Exercise prompt.
Take every line of the material below that includes the string "BadField" and copy it out.

Input data.
//! A function for each row of the table of commands, and the row of a word.
ghost use Rattle.std.specs.Prelude.{Result, Ok, ◌≡◌};
ghost use Rattle.serde_json.specs.View.{view};
ghost use Rattle.pm_model.specs.Forms.{kind_of, looking};
ghost use Rattle.pm_model.specs.Results.{and_then};
ghost use Rattle.pm_model.specs.Asked.{access_of, admin_of, assign_of, associate_of, caps_of, changes_of, close_session_of, create_of, create_pc_of, deassign_of, define_right_of, delete_of, dissociate_of, do_at, drop_review_of, end_process_of, ends_of, entries_of, keep_of, kept_of, lift_of, mode_at, name_at, oblige_of, open_session_of, prohibit_of, required, review_of, row_of, sets_of, start_process_of, survey_of, when_at, withdraw_of};
ghost use Rattle.pm_model.specs.declared.lines.BadLine.{BadLine};
ghost use Rattle.pm_model.specs.declared.requests.Command.{Command};
ghost use Rattle.pm_model.specs.declared.requests.Command.TheVariants.{Keep, Prohibit};
ghost use Rattle.pm_model.specs.declared.requests.Question.{Question};
ghost use Rattle.pm_read.specs.Reads.{Reads, ReadsRow};
ghost use Rattle.pm_read.specs.Rows.{FindsRow, element_words, review_words, rule_words, session_words};

use crate::errors::ReadError;
use crate::forms::{mode_at, name_at, number_at, process, rights_at, sets, subject_at, users_at};
use crate::responses::response;
use crate::terms::when;
use pm_model::{
    Awaited, BadLine, Body, Command, Key, Kind, Name, NameList, Question, Response, ReviewOf,
    Subject,
};
use serde_json::Value;
use std::alloc::Global;

fn open_session(value: &Value) -> Result<Body, ReadError>
    ensures { Reads result (open_session_of (looking (view value.now))) }
{
    let user = name_at(Key::User, value)?;
    Ok(Body::OpenSession { user })
}

fn close_session(value: &Value) -> Result<Body, ReadError>
    ensures { Reads result (close_session_of (looking (view value.now))) }
{
    let session = number_at(Key::Session, value)?;
    Ok(Body::CloseSession { session })
}

fn start_process(value: &Value) -> Result<Body, ReadError>
    ensures { Reads result (start_process_of (looking (view value.now))) }
{
    let session = number_at(Key::Session, value)?;
    Ok(Body::StartProcess { session })
}

fn end_process(value: &Value) -> Result<Body, ReadError>
    ensures { Reads result (end_process_of (looking (view value.now))) }
{
    let process = number_at(Key::Process, value)?;
    Ok(Body::EndProcess { process })
}

fn create_pc(value: &Value) -> Result<Command, BadLine>
    ensures { result ≡ create_pc_of (looking (view value.now)) }
{
    let name = name_at(Key::Name, value)?;
    Ok(Command::CreatePc { name })
}

fn create(kind: Kind, value: &Value) -> Result<Command, BadLine>
    ensures { result ≡ create_of (looking (view value.now)) kind }
{
    let name = name_at(Key::Name, value)?;
    let into = name_at(Key::Into, value)?;
    Ok(Command::Create { kind, name, into })
}

fn delete(value: &Value) -> Result<Command, BadLine>
    ensures { result ≡ delete_of (looking (view value.now)) }
{
    let name = name_at(Key::Name, value)?;
    Ok(Command::Delete { name })
}

// The fields `from` and `to`.
fn ends(value: &Value) -> Result<(Name, Name), BadLine>
    ensures { result ≡ ends_of (looking (view value.now)) }
{
    let from = name_at(Key::From, value)?;
    let to = name_at(Key::To, value)?;
    Ok((from, to))
}

fn assign(value: &Value) -> Result<Command, BadLine>
    ensures { result ≡ assign_of (looking (view value.now)) }
{
    let (from, to) = ends(value)?;
    Ok(Command::Assign { from, to })
}

fn deassign(value: &Value) -> Result<Command, BadLine>
    ensures { result ≡ deassign_of (looking (view value.now)) }
{
    let (from, to) = ends(value)?;
    Ok(Command::Deassign { from, to })
}

fn associate(alloc: Global, value: &Value) -> Result<Command, ReadError>
    ensures { Reads result (associate_of (looking (view value.now))) }
{
    let ua = name_at(Key::Ua, value)?;
    let rights = rights_at(alloc, value)?;
    let at = name_at(Key::At, value)?;
    Ok(Command::Associate { ua, rights, at })
}

fn dissociate(value: &Value) -> Result<Command, BadLine>
    ensures { result ≡ dissociate_of (looking (view value.now)) }
{
    let ua = name_at(Key::Ua, value)?;
    let at = name_at(Key::At, value)?;
    Ok(Command::Dissociate { ua, at })
}

// The same, once its first three fields were read.
fn prohibit_with(
    name: Name,
    subject: Subject<Name, u32>,
    rights: NameList,
    value: &Value,
) -> Result<Command, ReadError>
    ensures { Reads result (and_then (sets_of (looking (view value.now))) (λ sets. and_then (mode_at (looking (view value.now))) (λ mode. Ok (Prohibit name subject rights sets.0 sets.1 mode)))) }
{
    let alloc = rights.allocator();
    let (inc, exc) = sets(alloc, value)?;
    let mode = mode_at(value)?;
    Ok(Command::Prohibit {
        name,
        subject,
        rights,
        inc,
        exc,
        mode,
    })
}

fn prohibit(alloc: Global, value: &Value) -> Result<Command, ReadError>
    ensures { Reads result (prohibit_of (looking (view value.now))) }
{
    let name = name_at(Key::Name, value)?;
    let subject = subject_at(value)?;
    let rights = rights_at(alloc, value)?;
    prohibit_with(name, subject, rights, value)
}

fn lift(value: &Value) -> Result<Command, BadLine>
    ensures { result ≡ lift_of (looking (view value.now)) }
{
    let name = name_at(Key::Name, value)?;
    Ok(Command::Lift { name })
}

fn define_right(value: &Value) -> Result<Command, BadLine>
    ensures { result ≡ define_right_of (looking (view value.now)) }
{
    let name = name_at(Key::Name, value)?;
    Ok(Command::DefineRight { name })
}

fn when_at(alloc: Global, value: &Value) -> Result<Awaited, ReadError>
    ensures { Reads result (when_at (looking (view value.now))) }
{
    match value.get(Key::When.text()).and_then(when) {
        None => Err(ReadError::Bad(BadLine::BadField(Key::When))),
        Some(when) => Ok(Awaited::new(alloc, when)?),
    }
}

fn do_at(alloc: Global, value: &Value) -> Result<Response, ReadError>
    ensures { Reads result (do_at (looking (view value.now))) }
{
    let Some(found) = value.get(Key::Do.text()) else {
        return Err(ReadError::Bad(BadLine::BadField(Key::Do)));
    };
    match response(alloc, found)? {
        None => Err(ReadError::Bad(BadLine::BadField(Key::Do))),
        Some(response) => Ok(response),
    }
}

fn oblige(alloc: Global, value: &Value) -> Result<Command, ReadError>
    ensures { Reads result (oblige_of (looking (view value.now))) }
{
    let name = name_at(Key::Name, value)?;
    let when = when_at(alloc, value)?;
    let response = do_at(alloc, value)?;
    Ok(Command::Oblige {
        name,
        when,
        response,
    })
}

fn withdraw(value: &Value) -> Result<Command, BadLine>
    ensures { result ≡ withdraw_of (looking (view value.now)) }
{
    let name = name_at(Key::Name, value)?;
    Ok(Command::Withdraw { name })
}

// With the word of what is kept.
#[tactic(auto, unfolding(pm_model::specs::Words::word_text))]
fn keep_named(word: &str, value: &Value) -> Result<Command, BadLine>
    ensures { result ≡ and_then (required Key.Kind (kind_of word.now)) (λ kind. and_then (name_at (looking (view value.now)) Key.Of) (λ name. Ok (Keep (kind name)))) }
{
    match word {
        "caps" => {
            let user = name_at(Key::Of, value)?;
            let of = ReviewOf::Caps(user);
            Ok(Command::Keep { of })
        }
        "entries" => {
            let element = name_at(Key::Of, value)?;
            let of = ReviewOf::Entries(element);
            Ok(Command::Keep { of })
        }
        _ => Err(BadLine::BadField(Key::Kind)),
    }
}

fn keep(value: &Value) -> Result<Command, BadLine>
    ensures { result ≡ keep_of (looking (view value.now)) }
{
    match value.get(Key::Kind.text()).and_then(Value::as_str) {
        None => Err(BadLine::BadField(Key::Kind)),
        Some(word) => keep_named(word, value),
    }
}

fn drop_review(value: &Value) -> Result<Command, BadLine>
    ensures { result ≡ drop_review_of (looking (view value.now)) }
{
    let review = number_at(Key::Review, value)?;
    Ok(Command::DropReview { review })
}

fn access(value: &Value) -> Result<Body, ReadError>
    ensures { Reads result (access_of (looking (view value.now))) }
{
    let process = process(value)?;
    let right = name_at(Key::Right, value)?;
    let target = name_at(Key::Target, value)?;
    Ok(Body::Access {
        process,
        right,
        target,
    })
}

fn admin(command: Result<Command, ReadError>, value: &Value) -> Result<Body, ReadError>
    ensures { (c : Result Command BadLine) → Reads command c → Reads result (admin_of (looking (view value.now)) c) }
{
    let process = process(value)?;
    let command = command?;
    Ok(Body::Admin { process, command })
}

// The same, of a command whose reading takes no memory.
fn plain_admin(command: Result<Command, BadLine>, value: &Value) -> Result<Body, ReadError>
    ensures { Reads result (admin_of (looking (view value.now)) command) }
{
    match command {
        Ok(command) => admin(Ok(command), value),
        Err(bad) => admin(Err(ReadError::Bad(bad)), value),
    }
}

fn caps(value: &Value) -> Result<Question, BadLine>
    ensures { result ≡ caps_of (looking (view value.now)) }
{
    let user = name_at(Key::User, value)?;
    Ok(Question::Caps { user })
}

fn entries(value: &Value) -> Result<Question, BadLine>
    ensures { result ≡ entries_of (looking (view value.now)) }
{
    let element = name_at(Key::Element, value)?;
    Ok(Question::Entries { element })
}

fn survey(alloc: Global, value: &Value) -> Result<Question, ReadError>
    ensures { Reads result (survey_of (looking (view value.now))) }
{
    let users = users_at(alloc, value)?;
    Ok(Question::Survey { users })
}

fn kept(value: &Value) -> Result<Question, BadLine>
    ensures { result ≡ kept_of (looking (view value.now)) }
{
    let review = number_at(Key::Review, value)?;
    Ok(Question::Kept { review })
}

fn changes(value: &Value) -> Result<Question, BadLine>
    ensures { result ≡ changes_of (looking (view value.now)) }
{
    let review = number_at(Key::Review, value)?;
    Ok(Question::Changes { review })
}

fn review(question: Result<Question, ReadError>, value: &Value) -> Result<Body, ReadError>
    ensures { (q : Result Question BadLine) → Reads question q → Reads result (review_of (looking (view value.now)) q) }
{
    let process = process(value)?;
    let question = question?;
    Ok(Body::Review { process, question })
}

// The same, of a question whose reading takes no memory.
fn plain_review(question: Result<Question, BadLine>, value: &Value) -> Result<Body, ReadError>
    ensures { Reads result (review_of (looking (view value.now)) question) }
{
    match question {
        Ok(question) => review(Ok(question), value),
        Err(bad) => review(Err(ReadError::Bad(bad)), value),
    }
}

// The row of the version, of an access, or of a word of sessions and processes.
#[tactic(auto, unfolding(pm_model::specs::Words::word_text))]
fn session_row(word: &str, value: &Value) -> Option<Result<Body, ReadError>>
    ensures { FindsRow session_words word.now (row_of (looking (view value.now)) word.now) result }
{
    match word {
        "version" => Some(Ok(Body::Version)),
        "access" => Some(access(value)),
        "open_session" => Some(open_session(value)),
        "close_session" => Some(close_session(value)),
        "start_process" => Some(start_process(value)),
        "end_process" => Some(end_process(value)),
        _ => None,
    }
}

// The row of a word of elements.
#[inline(never)]
#[tactic(auto, unfolding(pm_model::specs::Words::word_text))]
fn element_row(word: &str, value: &Value) -> Option<Result<Body, ReadError>>
    ensures { FindsRow element_words word.now (row_of (looking (view value.now)) word.now) result }
{
    match word {
        "create_pc" => Some(plain_admin(create_pc(value), value)),
        "create_user" => Some(plain_admin(create(Kind::User, value), value)),
        "create_ua" => Some(plain_admin(create(Kind::Ua, value), value)),
        "create_oa" => Some(plain_admin(create(Kind::Oa, value), value)),
        "create_object" => Some(plain_admin(create(Kind::Object, value), value)),
        "delete" => Some(plain_admin(delete(value), value)),
        "assign" => Some(plain_admin(assign(value), value)),
        "deassign" => Some(plain_admin(deassign(value), value)),
        _ => None,
    }
}

// The row of a word of what gives rights, takes them or acts.
#[inline(never)]
#[tactic(auto, unfolding(pm_model::specs::Words::word_text))]
fn rule_row(alloc: Global, word: &str, value: &Value) -> Option<Result<Body, ReadError>>
    ensures { FindsRow rule_words word.now (row_of (looking (view value.now)) word.now) result }
{
    match word {
        "associate" => Some(admin(associate(alloc, value), value)),
        "dissociate" => Some(plain_admin(dissociate(value), value)),
        "prohibit" => Some(admin(prohibit(alloc, value), value)),
        "lift" => Some(plain_admin(lift(value), value)),
        "define_right" => Some(plain_admin(define_right(value), value)),
        "oblige" => Some(admin(oblige(alloc, value), value)),
        "withdraw" => Some(plain_admin(withdraw(value), value)),
        _ => None,
    }
}

// The row of a word of reviews.
#[inline(never)]
#[tactic(auto, unfolding(pm_model::specs::Words::word_text))]
fn review_row(alloc: Global, word: &str, value: &Value) -> Option<Result<Body, ReadError>>
    ensures { FindsRow review_words word.now (row_of (looking (view value.now)) word.now) result }
{
    match word {
        "keep" => Some(plain_admin(keep(value), value)),
        "drop_review" => Some(plain_admin(drop_review(value), value)),
        "caps" => Some(plain_review(caps(value), value)),
        "entries" => Some(plain_review(entries(value), value)),
        "survey" => Some(review(survey(alloc, value), value)),
        "kept" => Some(plain_review(kept(value), value)),
        "changes" => Some(plain_review(changes(value), value)),
        _ => None,
    }
}

/// The row of the word, where it is one. The version and an access come first. The other groups stand by themselves, since a function
/// clears its locals at entry, and those of what is made a part of it.
pub(crate) fn row(alloc: Global, word: &str, value: &Value) -> Option<Result<Body, ReadError>>
    ensures { ReadsRow result (row_of (looking (view value.now)) word.now) }
{
    if let Some(row) = session_row(word, value) {
        return Some(row);
    }
    if let Some(row) = element_row(word, value) {
        return Some(row);
    }
    if let Some(row) = rule_row(alloc, word, value) {
        return Some(row);
    }
    review_row(alloc, word, value)
}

Answer below.
        None => Err(ReadError::Bad(BadLine::BadField(Key::When))),
        return Err(ReadError::Bad(BadLine::BadField(Key::Do)));
        None => Err(ReadError::Bad(BadLine::BadField(Key::Do))),
        _ => Err(BadLine::BadField(Key::Kind)),
        None => Err(BadLine::BadField(Key::Kind)),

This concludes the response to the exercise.